Even if the appeal were not dismissed on procedural grounds, it would be dismissed on the merits.  In an appeal to the Commissioner, a petitioner has the burden of demonstrating a clear legal right to the relief requested and the burden of establishing the facts upon which petitioner seeks relief (8 NYCRR §275.10; Appeal of Aversa, 48 Ed Dept Rep 523, Decision No. 15,936; Appeal of Hansen, 48 id. 354, Decision No. 15,884; Appeal of P.M., 48 id. 348, Decision No. 15,882). 

In this case, petitioners have failed to demonstrate any legal right to a waiver of nonresident tuition.  Pursuant to Education Law §3202(2), “[n]onresidents of a district, if otherwise competent, may be admitted into the school or schools of a district or city, upon the consent of the trustees or the board of education, upon terms prescribed by such trustees or board.”  In accordance with such section, respondents’ Board Policy No. 5152 permits the admission of a nonresident student to the district’s schools under special circumstances if the student meets certain criteria and upon the payment of tuition.  The only exemption from payment of tuition exists for certain former residents or future residents of the district.  In this case, petitioners are not residents of respondents’ district and do not qualify for an exception to respondents’ tuition policy.  Further, petitioners do not allege, and the record does not show, that respondents have not implemented this policy in a consistent manner.  Therefore, I do not find respondents’ actions to be arbitrary, capricious or unreasonable.

Additionally, to the extent petitioners attempt to challenge respondents’ determination on the grounds that such decision was an improper suspension from attendance without due process, I note that such argument is premature.  The record in this matter indicates that petitioners’ son has not been excluded from attending the district’s school.  Further, the due process requirements related to student suspensions (Education Law §3214) are not applicable in cases such as this one regarding residency and non-resident tuition.
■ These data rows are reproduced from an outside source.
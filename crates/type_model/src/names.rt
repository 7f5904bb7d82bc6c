//! Names, and the table that looks them up.

ghost use Rattle.std.specs.Prelude.{◌≡◌, ◌≢◌, ◌<◌, ◌≤◌, ◌↔◌, ℕ, List, All, Contains, length, slice_get, slice_index_or, map, IfSome, IfNone, IfOk, IfErr, OnOk, IsTrue, Some, true, false};
ghost use Rattle.std.specs.Bool.{OnFalse};
ghost use Rattle.std.specs.String.{string_bytes};
ghost use Rattle.std.specs.List.Sorted.{IsSorted};
ghost use Rattle.type_model.specs.Names.{AreDistinct, AreNames, AreMarks, IsNamed, IsOrder, name_at};
ghost use Rattle.type_model.specs.inner.Texts.{octets_of};
ghost use Rattle.type_model.specs.inner.Keys.{AreKeys, Differ, key_cmp, place_of};
ghost use Rattle.type_graph.specs.Refusal.{wants_memory};

use arrayvec::ArrayString;
use std::alloc::{AllocError, Global};
use std::cmp::Ordering;
use std::marker::Model;
use type_graph::{GraphFault, Items};

/// Where the text of a name stands: a short one in the name, so that it takes no block of memory.
#[derive(Drop)]
enum Text {
    Short(ArrayString<16>),
    Long(String),
}

/// A name or a repository id. A contract sees its octets.
#[derive(Drop)]
pub struct Name {
    text: Text,
}

impl Model for Name {
    ghost use Rattle.std.specs.Prelude.{ℕ, List};
    ghost use Rattle.type_model.specs.inner.Texts.{octets_of};

    ghost Value = { List ℕ };

    ghost view = { λ n. octets_of n.text };
}

/// The text in place, where it is short enough.
fn in_place(text: &str) -> Option<Text>
    ensures { IfSome result (λ place. octets_of place ≡ text.now) }
{
    match ArrayString::from(text) {
        Ok(short) => Some(Text::Short(short)),
        Err(_) => None,
    }
}

impl Name {
    /// The name of this text. Takes no memory.
    pub fn new(text: String) -> Self
        ensures { result ≡ string_bytes text }
    {
        match in_place(text.as_str()) {
            Some(text) => Name { text },
            None => Name {
                text: Text::Long(text),
            },
        }
    }

    /// The name of this text; a short one takes no memory.
    ///
    /// # Errors
    /// Want of memory.
    pub fn copied(alloc: Global, text: &str) -> Result<Self, AllocError>
        ensures { IfOk result (λ name. name ≡ text.now) }
    {
        match in_place(text) {
            Some(text) => Ok(Name { text }),
            None => Ok(Name {
                text: Text::Long(String::from_str(alloc, text)?),
            }),
        }
    }

    pub fn as_str(&self) -> &str
        ensures { result.now ≡ self.now }
    {
        match &self.text {
            Text::Short(short) => short.as_str(),
            Text::Long(long) => long.as_str(),
        }
    }
}

/// Names that differ, looked up by their text and told from their nodes. They are sought by the
/// order of their octets, so that no choice of names makes that slow. A contract sees the names in
/// order of declaration.
#[derive(Drop)]
pub struct NameTable {
    names: Vec<(Name, u32)>,
    /// The places of the names, in the order of their octets.
    order: Vec<usize>,
    /// True at the number of each node that has a name.
    marks: Vec<bool>,
}

impl Model for NameTable {
    ghost use Rattle.std.specs.Prelude.{ℕ, List};
    ghost use Rattle.type_model.specs.Names.{IsTable};

    ghost Value = { List (List ℕ × ℕ) };

    ghost view = { λ t. t.names.items };

    ghost invariant = { λ t. IsTable t.names.items t.order.items t.marks.items };
}

/// The texts of names with their places, in the order of the texts.
fn sorted(alloc: Global, names: &[(Name, u32)]) -> Result<Vec<(&str, usize)>, AllocError>
    ensures keys { IfOk result (λ keys. AreKeys names.now keys.items) }
    ensures sorted { IfOk result (λ keys. IsSorted key_cmp keys.items) }
{
    let mut keys = Vec::new(alloc);
    keys.reserve(names.len())?;
    for place in 0..names.len() {
        keys.push((names[place].0.as_str(), place))?;
    }
    keys.sort_unstable();
    Ok(keys)
}

/// The places of texts that stand in their order; None where one stands twice.
fn places_of(alloc: Global, keys: &[(&str, usize)]) -> Result<Vec<usize>, GraphFault>
    ensures places { IfOk result (λ places. places.items ≡ map place_of keys.now) }
    ensures differ { OnOk result (Differ keys.now (length keys.now)) }
    ensures refused { IfErr result (λ fault. OnFalse (wants_memory fault) (Differ keys.now (length keys.now) → ⊥)) }
{
    let mut places = Vec::new(alloc);
    places.reserve(keys.len())?;
    for at in 0..keys.len() {
        let (text, place) = keys[at];
        if at > 0 && keys[at - 1].0 == text {
            return Err(GraphFault::BadNode);
        }
        places.push(place)?;
    }
    Ok(places)
}

/// The places of names in the order of their octets.
fn order_of(alloc: Global, names: &[(Name, u32)]) -> Result<Vec<usize>, GraphFault>
    ensures order { IfOk result (λ order. IsOrder names.now order.items) }
    ensures distinct { OnOk result (AreDistinct names.now) }
    ensures refused { IfErr result (λ fault. OnFalse (wants_memory fault) (AreDistinct names.now → ⊥)) }
{
    let keys = sorted(alloc, names)?;
    let order = places_of(alloc, keys.as_slice())?;
    Ok(order)
}

/// True at each number below the count that a name has.
fn marks_of(alloc: Global, names: &[(Name, u32)], count: usize) -> Result<Vec<bool>, GraphFault>
    ensures marks { IfOk result (λ marks. AreMarks (map (λ name. name.1) names.now) marks.items) }
    ensures within { OnOk result (All (λ number. number < count) (map (λ name. name.1) names.now)) }
    ensures refused { IfErr result
        (λ fault. OnFalse (wants_memory fault)
        (All (λ number. number < count) (map (λ name. name.1) names.now) → ⊥)) }
{
    let mut marks = vec![in alloc; false; count]?;
    for place in 0..names.len() {
        let node = names[place].1 as usize;
        if node >= count {
            return Err(GraphFault::BadNode);
        }
        marks[node] = true;
    }
    Ok(marks)
}

impl NameTable {
    /// The table of these names, of nodes below the count.
    ///
    /// # Errors
    /// A name that stands twice or a node out of range is `BadNode`; or want of memory.
    pub fn new(
        alloc: Global,
        names: Items<(Name, u32)>,
        count: usize,
    ) -> Result<NameTable, GraphFault>
        ensures kept { IfOk result (λ table. table ≡ names) }
        ensures rules { OnOk result (AreNames count names) }
        ensures refused { IfErr result (λ fault. OnFalse (wants_memory fault) (AreNames count names → ⊥)) }
    {
        let names = names.into_vec();
        let order = order_of(alloc, names.as_slice())?;
        let marks = marks_of(alloc, names.as_slice(), count)?;
        Ok(NameTable {
            names,
            order,
            marks,
        })
    }

    /// How many names there are.
    pub fn len(&self) -> usize
        ensures value { result ≡ length self.now }
        ensures distinct { AreDistinct self.now }
    {
        self.names.len()
    }

    pub fn is_empty(&self) -> bool
        ensures { IsTrue result ↔ (length self.now ≡ 0) }
    {
        self.names.is_empty()
    }

    /// The name at a place in the order of declaration, and its node.
    pub fn pair(&self, place: usize) -> (&str, u32)
        requires { place < length self.now }
        ensures value { slice_get self.now place ≡ Some (result.0.now, result.1) }
        ensures distinct { AreDistinct self.now }
    {
        let (name, node) = &self.names[place];
        (name.as_str(), *node)
    }

    /// The place of a name in the order of declaration.
    fn place_of(&self, name: &str) -> Option<usize>
        ensures found { IfSome result (λ place. (place < length self.now) × (name_at self.now place ≡ name.now)) }
        ensures missing { IfNone result ((place : ℕ) → place < length self.now → name_at self.now place ≢ name.now) }
    {
        let mut low = 0;
        let mut high = self.order.len();
        while low < high {
            let middle = low + (high - low) / 2;
            let place = self.order[middle];
            match self.names[place].0.as_str().cmp(name) {
                Ordering::Less => low = middle + 1,
                Ordering::Greater => high = middle,
                Ordering::Equal => return Some(place),
            }
        }
        None
    }

    /// The node of a name.
    pub fn node_of(&self, name: &str) -> Option<u32>
        ensures found { (node : ℕ) → (result ≡ Some node) ↔ Contains self.now (name.now, node) }
        ensures missing { IfNone result (All (λ pair. pair.0 ≢ name.now) self.now) }
    {
        let place = self.place_of(name)?;
        Some(self.names[place].1)
    }

    /// Whether some name has this node.
    pub fn is_named(&self, node: u32) -> bool
        ensures { IsTrue result ↔ IsNamed self.now node }
    {
        self.marks.get(node as usize).copied().unwrap_or(false)
    }
}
The record also indicates that, to the extent that petitioners’ son was entitled to any due process prior to respondents’ denial of petitioners’ request for admission as a non-resident student without the payment of tuition, such due process was afforded to him.  A student has a legal right to attend school only in the district in which the student resides (Education Law §3202[1]).  Non-resident students may be permitted to attend the schools of a district in which they do not reside but only upon the express consent of the district’s board of education (Appeal of Holzer, 37 Ed Dept Rep 549, Decision No. 13,924):

Nonresidents of a district, if otherwise competent, may be admitted into the school or schools of a district or city, upon the consent of the trustees or the board of education, upon terms prescribed by such trustees or board (Education Law §3202[2]) (emphasis supplied).

The decision to permit the attendance of non-resident students is discretionary with the board of education. Absent any right to attend respondents’ school district, petitioners’ son need only be afforded minimal due process (see Appeal of McAteer, 40 Ed Dept Rep 234, Decision No. 14,469).  Here, petitioners had an opportunity to speak with respondent Tangorra regarding the determination.  Petitioners also appealed respondent Tangorra’s decision to respondent board by letter dated September 15, 2017.  Respondent board considered petitioners’ appeal before rendering its September 27, 2017 decision to uphold respondent Tangorra’s decision.  I find, therefore, that petitioners’ son was afforded appropriate due process.

Finally, I note that, to the extent petitioners seek a “refund” of two tuition payments, the Commissioner has historically declined to award tuition in residency appeals (Appeal of Clark, 48 Ed Dept Rep 337, Decision No. 15,876; Appeal of C.S., 47 id. 407, Decision No. 15,737).  Such relief should be sought in a court of competent jurisdiction (Appeal of Clark, 48 Ed Dept Rep 337, Decision No. 15,876; Appeal of C.S., 47 id. 407, Decision No. 15,737).

In light of this disposition, I need not consider the parties’ remaining contentions.




[1] I note that petitioners do not assert that they paid any portion of the property taxes for the in-district address, but merely assert that the district received taxes for the property.